====== Information supplied ======
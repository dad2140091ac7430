//! The place of a point among the records of a leaf, where they stand.
ghost use Rattle.std.specs.Prelude.{◌≡◌, length, AllPairs};
ghost use Rattle.hb_frag.specs.Rules.{Precedes};
ghost use Rattle.hb_page_codec.specs.Exact.{AreBytes};
ghost use Rattle.hb_view.specs.Seen.{list_seen};
ghost use Rattle.hb_view.specs.Spots.{IsPlaceAmong};

use crate::corners::compare;
use crate::lists::parts_of;
use crate::trees::ListView;
use std::cmp::Ordering;

/// A place among records: the bytes from it on, and those behind the record that the point has there.
#[derive(Clone, Copy)]
pub(crate) struct Place<'a> {
    pub from: &'a [u8],
    pub behind: &'a [u8],
    /// How many records the point has there.
    pub held: u16,
}

/// A place where the point has a record.
fn taken<'a>(from: &'a [u8], behind: &'a [u8]) -> Place<'a>
    ensures from { result.from.now ≡ from.now }
    ensures behind { result.behind.now ≡ behind.now }
    ensures one { result.held ≡ 1 }
{
    Place {
        from,
        behind,
        held: 1,
    }
}

/// A place where the point has no record.
fn gap(from: &[u8]) -> Place<'_>
    ensures from { result.from.now ≡ from.now }
    ensures behind { result.behind.now ≡ from.now }
    ensures none { result.held ≡ 0 }
{
    Place {
        from,
        behind: from,
        held: 0,
    }
}

/// The place of the point among records that rise.
pub(crate) fn place_among<'a>(list: &ListView<'a>, p: &[u64]) -> Place<'a>
    requires attributes { length p.now ≡ list.now.k.number }
    requires bytes { AreBytes list.now.first.now }
    requires rising { AllPairs Precedes (list_seen list.now) }
    ensures { IsPlaceAmong p.now (list_seen list.now) list.now.first.now result.from.now result.behind.now result.held }
{
    let mut from = list.first;
    for _ in 0..list.count {
        match parts_of(list.k, from) {
            Some((key, _, behind)) => match compare(list.k, key, p) {
                Ordering::Less => from = behind,
                Ordering::Equal => return taken(from, behind),
                Ordering::Greater => return gap(from),
            },
            None => unreachable!(),
        }
    }
    gap(from)
}
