//! Points and boxes at the front of bytes, of which values are read where they stand.
ghost use Rattle.std.specs.Prelude.{◌≡◌, ◌<◌, ◌≤◌, ◌*◌, ◌↔◌, drop, length, slice_index, IfSome, IsTrue};
ghost use Rattle.hb_space.specs.Points.{point_cmp};
ghost use Rattle.hb_page_codec.specs.Reading.{ReadsAs};
ghost use Rattle.hb_page_codec.specs.ReadingFields.{point_at, area_at, are_ordered};
ghost use Rattle.hb_view.specs.Behind.{behind};
ghost use Rattle.hb_view.specs.Corners.{point_there};

use arrayvec::ArrayVec;
use hb_page_codec::u64_of;
use hb_space::Attributes;
use hb_space::form::KMAX;
use std::cmp::Ordering;

/// A corner of a box, of which each value may be changed.
pub(crate) type Corner = ArrayVec<u64, KMAX>;

/// The bytes from a place on.
pub(crate) fn from_place(bytes: &[u8], place: usize) -> &[u8]
    requires { place ≤ length bytes.now }
    ensures { result.now ≡ drop place bytes.now }
{
    &bytes[place..]
}

/// A value of the point of `k` values that stands there.
pub(crate) fn value_at(k: Attributes, bytes: &[u8], axis: usize) -> u64
    requires room { 8 * k.number ≤ length bytes.now }
    requires attribute { axis < k.number }
    ensures { result ≡ slice_index (point_there k.number bytes.now) axis }
{
    match u64_of(from_place(bytes, 8 * axis)) {
        Some((value, _)) => value,
        None => unreachable!(),
    }
}

/// The values of the point of `k` values that stands there.
pub(crate) fn corner_at(k: Attributes, bytes: &[u8]) -> Corner
    requires { 8 * k.number ≤ length bytes.now }
    ensures { result.items ≡ point_there k.number bytes.now }
{
    let mut corner = ArrayVec::new();
    for axis in 0..usize::from(k.number) {
        corner.push(value_at(k, bytes, axis));
    }
    corner
}

/// Whether the point of `k` values that stands there has these.
pub(crate) fn is_point(k: Attributes, bytes: &[u8], p: &[u64]) -> bool
    requires room { 8 * k.number ≤ length bytes.now }
    requires attributes { length p.now ≡ k.number }
    ensures { IsTrue result ↔ (point_there k.number bytes.now ≡ p.now) }
{
    for axis in 0..p.len() {
        if value_at(k, bytes, axis) != p[axis] {
            return false;
        }
    }
    true
}

/// How the point of `k` values that stands there compares with the one of these.
pub(crate) fn compare(k: Attributes, bytes: &[u8], p: &[u64]) -> Ordering
    requires room { 8 * k.number ≤ length bytes.now }
    requires attributes { length p.now ≡ k.number }
    ensures { result ≡ point_cmp (point_there k.number bytes.now) p.now }
{
    for axis in 0..p.len() {
        let order = value_at(k, bytes, axis).cmp(&p[axis]);
        if order.is_ne() {
            return order;
        }
    }
    Ordering::Equal
}

/// Whether no value of the first of two points exceeds the second one's in the same attribute.
pub(crate) fn is_ordered(k: Attributes, lo: &[u8], hi: &[u8]) -> bool
    requires lo { 8 * k.number ≤ length lo.now }
    requires hi { 8 * k.number ≤ length hi.now }
    ensures { result ≡ are_ordered (point_there k.number lo.now) (point_there k.number hi.now) }
{
    for axis in 0..usize::from(k.number) {
        if value_at(k, hi, axis) < value_at(k, lo, axis) {
            return false;
        }
    }
    true
}

/// The bytes of a point of `k` values, and those behind it.
pub(crate) fn point_read(k: Attributes, bytes: &[u8]) -> Option<(&[u8], &[u8])>
    ensures reads { ReadsAs (λ x. (point_there k.number x.0.now, x.1.now)) result (point_at k.number bytes.now) }
    ensures room { IfSome result (λ x. 8 * k.number ≤ length x.0.now) }
{
    let length = 8 * usize::from(k.number);
    if bytes.len() < length {
        return None;
    }
    Some((bytes, from_place(bytes, length)))
}

/// The bytes behind a box of `k` attributes.
pub(crate) fn behind_box(k: Attributes, bytes: &[u8]) -> Option<&[u8]>
    ensures { ReadsAs (λ x. x.now) result (behind (area_at k.number bytes.now)) }
{
    let (lo, rest) = point_read(k, bytes)?;
    let (hi, rest) = point_read(k, rest)?;
    if is_ordered(k, lo, hi) {
        Some(rest)
    } else {
        None
    }
}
======
Above are the records; restate each one exactly.

repository dad2140091ac7430
//! The place of a point among the records of a leaf, where they stand.
ghost use Rattle.std.specs.Prelude.{◌≡◌, length, AllPairs};
ghost use Rattle.hb_frag.specs.Rules.{Precedes};
ghost use Rattle.hb_page_codec.specs.Exact.{AreBytes};
ghost use Rattle.hb_view.specs.Seen.{list_seen};
ghost use Rattle.hb_view.specs.Spots.{IsPlaceAmong};

use crate::corners::compare;
use crate::lists::parts_of;
use crate::trees::ListView;
use std::cmp::Ordering;

/// A place among records: the bytes from it on, and those behind the record that the point has there.
#[derive(Clone, Copy)]
pub(crate) struct Place<'a> {
    pub from: &'a [u8],
    pub behind: &'a [u8],
    /// How many records the point has there.
    pub held: u16,
}

/// A place where the point has a record.
fn taken<'a>(from: &'a [u8], behind: &'a [u8]) -> Place<'a>
    ensures from { result.from.now ≡ from.now }
    ensures behind { result.behind.now ≡ behind.now }
    ensures one { result.held ≡ 1 }
{
    Place {
        from,
        behind,
        held: 1,
    }
}

/// A place where the point has no record.
fn gap(from: &[u8]) -> Place<'_>
    ensures from { result.from.now ≡ from.now }
    ensures behind { result.behind.now ≡ from.now }
    ensures none { result.held ≡ 0 }
{
    Place {
        from,
        behind: from,
        held: 0,
    }
}

/// The place of the point among records that rise.
pub(crate) fn place_among<'a>(list: &ListView<'a>, p: &[u64]) -> Place<'a>
    requires attributes { length p.now ≡ list.now.k.number }
    requires bytes { AreBytes list.now.first.now }
    requires rising { AllPairs Precedes (list_seen list.now) }
    ensures { IsPlaceAmong p.now (list_seen list.now) list.now.first.now result.from.now result.behind.now result.held }
{
    let mut from = list.first;
    for _ in 0..list.count {
        match parts_of(list.k, from) {
            Some((key, _, behind)) => match compare(list.k, key, p) {
                Ordering::Less => from = behind,
                Ordering::Equal => return taken(from, behind),
                Ordering::Greater => return gap(from),
            },
            None => unreachable!(),
        }
    }
    gap(from)
}
//! Points and boxes at the front of bytes, of which values are read where they stand.
ghost use Rattle.std.specs.Prelude.{◌≡◌, ◌<◌, ◌≤◌, ◌*◌, ◌↔◌, drop, length, slice_index, IfSome, IsTrue};
ghost use Rattle.hb_space.specs.Points.{point_cmp};
ghost use Rattle.hb_page_codec.specs.Reading.{ReadsAs};
ghost use Rattle.hb_page_codec.specs.ReadingFields.{point_at, area_at, are_ordered};
ghost use Rattle.hb_view.specs.Behind.{behind};
ghost use Rattle.hb_view.specs.Corners.{point_there};

use arrayvec::ArrayVec;
use hb_page_codec::u64_of;
use hb_space::Attributes;
use hb_space::form::KMAX;
use std::cmp::Ordering;

/// A corner of a box, of which each value may be changed.
pub(crate) type Corner = ArrayVec<u64, KMAX>;

/// The bytes from a place on.
pub(crate) fn from_place(bytes: &[u8], place: usize) -> &[u8]
    requires { place ≤ length bytes.now }
    ensures { result.now ≡ drop place bytes.now }
{
    &bytes[place..]
}

/// A value of the point of `k` values that stands there.
pub(crate) fn value_at(k: Attributes, bytes: &[u8], axis: usize) -> u64
    requires room { 8 * k.number ≤ length bytes.now }
    requires attribute { axis < k.number }
    ensures { result ≡ slice_index (point_there k.number bytes.now) axis }
{
    match u64_of(from_place(bytes, 8 * axis)) {
        Some((value, _)) => value,
        None => unreachable!(),
    }
}

/// The values of the point of `k` values that stands there.
pub(crate) fn corner_at(k: Attributes, bytes: &[u8]) -> Corner
    requires { 8 * k.number ≤ length bytes.now }
    ensures { result.items ≡ point_there k.number bytes.now }
{
    let mut corner = ArrayVec::new();
    for axis in 0..usize::from(k.number) {
        corner.push(value_at(k, bytes, axis));
    }
    corner
}

/// Whether the point of `k` values that stands there has these.
pub(crate) fn is_point(k: Attributes, bytes: &[u8], p: &[u64]) -> bool
    requires room { 8 * k.number ≤ length bytes.now }
    requires attributes { length p.now ≡ k.number }
    ensures { IsTrue result ↔ (point_there k.number bytes.now ≡ p.now) }
{
    for axis in 0..p.len() {
        if value_at(k, bytes, axis) != p[axis] {
            return false;
        }
    }
    true
}

/// How the point of `k` values that stands there compares with the one of these.
pub(crate) fn compare(k: Attributes, bytes: &[u8], p: &[u64]) -> Ordering
    requires room { 8 * k.number ≤ length bytes.now }
    requires attributes { length p.now ≡ k.number }
    ensures { result ≡ point_cmp (point_there k.number bytes.now) p.now }
{
    for axis in 0..p.len() {
        let order = value_at(k, bytes, axis).cmp(&p[axis]);
        if order.is_ne() {
            return order;
        }
    }
    Ordering::Equal
}

/// Whether no value of the first of two points exceeds the second one's in the same attribute.
pub(crate) fn is_ordered(k: Attributes, lo: &[u8], hi: &[u8]) -> bool
    requires lo { 8 * k.number ≤ length lo.now }
    requires hi { 8 * k.number ≤ length hi.now }
    ensures { result ≡ are_ordered (point_there k.number lo.now) (point_there k.number hi.now) }
{
    for axis in 0..usize::from(k.number) {
        if value_at(k, hi, axis) < value_at(k, lo, axis) {
            return false;
        }
    }
    true
}

/// The bytes of a point of `k` values, and those behind it.
pub(crate) fn point_read(k: Attributes, bytes: &[u8]) -> Option<(&[u8], &[u8])>
    ensures reads { ReadsAs (λ x. (point_there k.number x.0.now, x.1.now)) result (point_at k.number bytes.now) }
    ensures room { IfSome result (λ x. 8 * k.number ≤ length x.0.now) }
{
    let length = 8 * usize::from(k.number);
    if bytes.len() < length {
        return None;
    }
    Some((bytes, from_place(bytes, length)))
}

/// The bytes behind a box of `k` attributes.
pub(crate) fn behind_box(k: Attributes, bytes: &[u8]) -> Option<&[u8]>
    ensures { ReadsAs (λ x. x.now) result (behind (area_at k.number bytes.now)) }
{
    let (lo, rest) = point_read(k, bytes)?;
    let (hi, rest) = point_read(k, rest)?;
    if is_ordered(k, lo, hi) {
        Some(rest)
    } else {
        None
    }
}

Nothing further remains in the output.